The experiments showed that the chaotic motion of all those individual swimmers quickly organizes itself into a collective motion, with bacteria in the middle of the track going in the opposite direction from those on the outer edges. (See video of the bacteria in action here: https://www.youtube.com/watch?v=feCQf_5B8jI)

In order to understand what was driving that pattern, Lushi developed a computer model that captured two critical parameters that affect how the bacteria move in a densely packed colony. The first parameter involves the collisions that occur as bacteria try to swim in close quarters. The model showed that, as bacteria bang into each other, the collisions tend to orient individuals in the same direction.

As for the bi-directional motion — with the middle swimmers moving in opposite direction from the ones at the edges — that is a function of fluid flow, the research showed.

Bacteria propel by pushing against the tiny fluid corkscrew-like appendages called flagella. That pushing creates a fluid flow moving opposite the direction of the swimming. The bacteria along the edges of the track are closely aligned by the track’s outer surface. They swim at an angle against that outer surface, which causes the backflow they create to be aimed toward the middle of the track. The swimmers in the middle have to fight the currents generated on either side of them. Eventually, the flow becomes more than they can handle.

“Even though they’re trying to go in the same direction as the ones on the boundaries, they’re being carried backward by the fluid,” Lushi said.

The results, Lushi says, underscore the importance of fluid flows in explaining collective dynamics. Despite the fact that most bacteria thrive and have evolved in fluid environments, the effects of fluid flows are often overlooked in explaining their behavior.

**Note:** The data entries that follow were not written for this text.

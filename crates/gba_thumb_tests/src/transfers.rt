//! Loads, stores, PUSH, POP and blocks, by the ARM Architecture Reference Manual, A7.1.

use crate::start::{at, patterned};
use gba_bus::{Bus, Width};
use gba_thumb_exec::execute;

// r1, r2, r13 and a halfword at 08000000h; r0, r1, r13 and r15 after it, a word of memory then, and the cycles. Before
// it r0 is A1B2C3D4h and r14 03000041h; the word is at the address that stands after the halfword.
type Case = (u32, u32, u32, u16, u32, (u32, u32, u32, u32, u32, u32));

static SINGLES: [Case; 18] = [
    (
        0x0200_0000,
        5,
        0,
        0x5088,
        0x0200_0004,
        (0xa1b2_c3d4, 0x0200_0000, 0, 0x0800_0002, 0xa1b2_c3d4, 12),
    ),
    (
        0x0200_0000,
        5,
        0,
        0x5488,
        0x0200_0004,
        (0xa1b2_c3d4, 0x0200_0000, 0, 0x0800_0002, 0x8877_d455, 12),
    ),
    (
        0x0200_0000,
        5,
        0,
        0x5888,
        0x0200_0004,
        (0x5588_7766, 0x0200_0000, 0, 0x0800_0002, 0x8877_6655, 11),
    ),
    (
        0x0200_0000,
        5,
        0,
        0x5c88,
        0x0200_0004,
        (0x66, 0x0200_0000, 0, 0x0800_0002, 0x8877_6655, 11),
    ),
    (
        0x0200_0000,
        8,
        0,
        0x5288,
        0x0200_0008,
        (0xa1b2_c3d4, 0x0200_0000, 0, 0x0800_0002, 0xccbb_c3d4, 12),
    ),
    (
        0x0200_0000,
        9,
        0,
        0x5288,
        0x0200_0008,
        (0xa1b2_c3d4, 0x0200_0000, 0, 0x0800_0002, 0xccbb_c3d4, 12),
    ),
    (
        0x0200_0000,
        8,
        0,
        0x5688,
        0x0200_0008,
        (0xffff_ff99, 0x0200_0000, 0, 0x0800_0002, 0xccbb_aa99, 11),
    ),
    (
        0x0200_0000,
        8,
        0,
        0x5a88,
        0x0200_0008,
        (0xaa99, 0x0200_0000, 0, 0x0800_0002, 0xccbb_aa99, 11),
    ),
    (
        0x0200_0000,
        9,
        0,
        0x5a88,
        0x0200_0008,
        (0x9900_00aa, 0x0200_0000, 0, 0x0800_0002, 0xccbb_aa99, 11),
    ),
    (
        0x0200_0000,
        8,
        0,
        0x5e88,
        0x0200_0008,
        (0xffff_aa99, 0x0200_0000, 0, 0x0800_0002, 0xccbb_aa99, 11),
    ),
    (
        0x0200_0000,
        9,
        0,
        0x5e88,
        0x0200_0008,
        (0xffff_ffaa, 0x0200_0000, 0, 0x0800_0002, 0xccbb_aa99, 11),
    ),
    (
        0x0200_0000,
        0,
        0,
        0x6088,
        0x0200_0008,
        (0xa1b2_c3d4, 0x0200_0000, 0, 0x0800_0002, 0xa1b2_c3d4, 12),
    ),
    (
        0x0200_0000,
        0,
        0,
        0x6888,
        0x0200_0008,
        (0xccbb_aa99, 0x0200_0000, 0, 0x0800_0002, 0xccbb_aa99, 11),
    ),
    (
        0x0200_0000,
        0,
        0,
        0x7088,
        0x0200_0000,
        (0xa1b2_c3d4, 0x0200_0000, 0, 0x0800_0002, 0x44d4_2211, 12),
    ),
    (
        0x0200_0000,
        0,
        0,
        0x7888,
        0x0200_0000,
        (0x33, 0x0200_0000, 0, 0x0800_0002, 0x4433_2211, 11),
    ),
    (
        0x0200_0000,
        0,
        0,
        0x80c8,
        0x0200_0004,
        (0xa1b2_c3d4, 0x0200_0000, 0, 0x0800_0002, 0xc3d4_6655, 12),
    ),
    (
        0x0200_0000,
        0,
        0,
        0x88c8,
        0x0200_0004,
        (0x8877, 0x0200_0000, 0, 0x0800_0002, 0x8877_6655, 11),
    ),
    (
        0,
        0,
        0x0200_0004,
        0x9803,
        0x0200_0010,
        (0x5443_3221, 0, 0x0200_0004, 0x0800_0002, 0x5443_3221, 11),
    ),
];

static BLOCKS: [Case; 16] = [
    (
        0,
        0,
        0x0200_0004,
        0x9003,
        0x0200_0010,
        (0xa1b2_c3d4, 0, 0x0200_0004, 0x0800_0002, 0xa1b2_c3d4, 12),
    ),
    (
        0,
        0,
        0x0200_0010,
        0xb501,
        0x0200_0008,
        (0xa1b2_c3d4, 0, 0x0200_0008, 0x0800_0002, 0xa1b2_c3d4, 17),
    ),
    (
        0,
        0,
        0x0200_0010,
        0xb501,
        0x0200_000c,
        (0xa1b2_c3d4, 0, 0x0200_0008, 0x0800_0002, 0x0300_0041, 17),
    ),
    (
        7,
        0,
        0x0200_0010,
        0xb403,
        0x0200_000c,
        (0xa1b2_c3d4, 7, 0x0200_0008, 0x0800_0002, 7, 17),
    ),
    (
        0,
        0,
        0x0200_0040,
        0xb400,
        0x0200_0000,
        (0xa1b2_c3d4, 0, 0x0200_0000, 0x0800_0002, 0x0800_000c, 12),
    ),
    (
        0,
        0,
        0x0200_0000,
        0xbd01,
        0x0200_0000,
        (0x4433_2211, 0, 0x0200_0008, 0x8877_6654, 0x4433_2211, 24),
    ),
    (
        0,
        0,
        0x0200_0000,
        0xbc01,
        0x0200_0000,
        (0x4433_2211, 0, 0x0200_0004, 0x0800_0002, 0x4433_2211, 11),
    ),
    (
        0,
        0,
        0x0200_0000,
        0xbd00,
        0x0200_0000,
        (0xa1b2_c3d4, 0, 0x0200_0004, 0x4433_2210, 0x4433_2211, 19),
    ),
    (
        0,
        0,
        0x0200_0000,
        0xbc00,
        0x0200_0000,
        (0xa1b2_c3d4, 0, 0x0200_0040, 0x4433_2210, 0x4433_2211, 19),
    ),
    (
        0x0200_0000,
        0,
        0,
        0xc103,
        0x0200_0004,
        (0xa1b2_c3d4, 0x0200_0008, 0, 0x0800_0002, 0x0200_0008, 17),
    ),
    (
        0x0200_0000,
        0,
        0,
        0xc102,
        0x0200_0000,
        (0xa1b2_c3d4, 0x0200_0004, 0, 0x0800_0002, 0x0200_0000, 12),
    ),
    (
        0x0200_0000,
        0,
        0,
        0xc100,
        0x0200_0000,
        (0xa1b2_c3d4, 0x0200_0040, 0, 0x0800_0002, 0x0800_000c, 12),
    ),
    (
        0x0200_0000,
        0,
        0,
        0xc903,
        0x0200_0000,
        (0x4433_2211, 0x8877_6655, 0, 0x0800_0002, 0x4433_2211, 16),
    ),
    (
        0x0200_0000,
        0,
        0,
        0xc901,
        0x0200_0000,
        (0x4433_2211, 0x0200_0004, 0, 0x0800_0002, 0x4433_2211, 11),
    ),
    (
        0x0200_0000,
        0,
        0,
        0xc902,
        0x0200_0000,
        (0xa1b2_c3d4, 0x4433_2211, 0, 0x0800_0002, 0x4433_2211, 11),
    ),
    (
        0x0200_0000,
        0,
        0,
        0xc900,
        0x0200_0000,
        (0xa1b2_c3d4, 0x0200_0040, 0, 0x4433_2210, 0x4433_2211, 19),
    ),
];

// r0, r1, r13, r15, the word at `place` and the cycles after a halfword, and CPSR.
fn after(
    low: (u32, u32),
    r13: u32,
    half: u16,
    place: u32,
) -> ((u32, u32, u32, u32, u32, u32), u32) {
    let mut registers = at(0x0800_0000, 0x3000_0030, [0xa1b2_c3d4, low.0, low.1]);
    registers.set(13, r13);
    let mut regions = patterned();
    let cycles = execute(&mut registers, &mut regions, half);
    let left = (
        registers.get(0),
        registers.get(1),
        registers.get(13),
        registers.get(15),
        regions.load(0, place, Width::Word, false).0,
        cycles,
    );
    (left, registers.cpsr())
}

#[test]
fn single_transfers(rt: HostRuntime) {
    for &(r1, r2, r13, half, place, want) in &SINGLES {
        assert_eq!(rt;
            after((r1, r2), r13, half, place),
            (want, 0x3000_0030),
            "{half:x}"
        );
    }
}

#[test]
fn stacks_and_blocks(rt: HostRuntime) {
    for &(r1, r2, r13, half, place, want) in &BLOCKS {
        assert_eq!(rt;
            after((r1, r2), r13, half, place),
            (want, 0x3000_0030),
            "{half:x}"
        );
    }
}

// An even address stays in Thumb state.
#[test]
fn pop_keeps_the_state(rt: HostRuntime) {
    let mut registers = at(0x0800_0000, 0x30, [9, 9, 9]);
    let mut regions = patterned();
    let _ = regions.store(0x0200_0004, Width::Word, 0x0300_0006, false);
    let _ = execute(&mut registers, &mut regions, 0xbd00);
    assert_eq!(rt; (registers.get(15), registers.cpsr()), (0x0300_0006, 0x30));
}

Eventually, Lushi and her colleagues are hopeful that research like this might deepen our understanding of how bacteria spread in their natural environment. It could also aid in the development of medical devices with surfaces and architectures that can manipulate bacterial movements and spread.

Those applications, however, remain a bit further down the road, Lushi said. “At this point, we’re still taking baby steps to learn about the bacterial interactions and behaviors.”